Copy exactly the run of lines that begins at the line with "λ lexeme piece." and ends at the final line of the entries.
<<<<
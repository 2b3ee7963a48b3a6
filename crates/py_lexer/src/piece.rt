//! What stands at the front of a text.

use crate::token::{Kind, LexKind, Value};
use py_literals::place::Pos;

/// A token that leaves open what is open, or its fault.
#[derive(Debug, Drop)]
pub enum Lexeme {
    /// A token of so many characters.
    Spelled(usize, Kind, Value),
    /// A fault behind so many characters.
    Refused(LexKind, usize),
}

/// What stands at the front of a text.
#[derive(Debug, Drop)]
pub enum Piece {
    /// A token of so many characters.
    Found(usize, Kind, Value),
    /// So many characters that give no token.
    Passed(usize),
    /// A fault behind so many characters.
    Bad(LexKind, usize),
    /// The end of the text, inside the bracket at this place.
    Unclosed(Pos),
    /// The end of the text.
    Over,
}

impl From<Lexeme> for Piece {
    ghost use Rattle.std.specs.Prelude.{◌≡◌};
    ghost use Rattle.py_lexer.specs.Front.{piece_of};

    ghost from_gives = { λ lexeme piece. piece ≡ piece_of lexeme };

    fn from(lexeme: Lexeme) -> Piece {
        match lexeme {
            Lexeme::Spelled(len, kind, value) => Piece::Found(len, kind, value),
            Lexeme::Refused(kind, ahead) => Piece::Bad(kind, ahead),
        }
    }
}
>>>>
» **YOUR SOLUTION**:
    ghost from_gives = { λ lexeme piece. piece ≡ piece_of lexeme };

    fn from(lexeme: Lexeme) -> Piece {
        match lexeme {
            Lexeme::Spelled(len, kind, value) => Piece::Found(len, kind, value),
            Lexeme::Refused(kind, ahead) => Piece::Bad(kind, ahead),
        }
    }
}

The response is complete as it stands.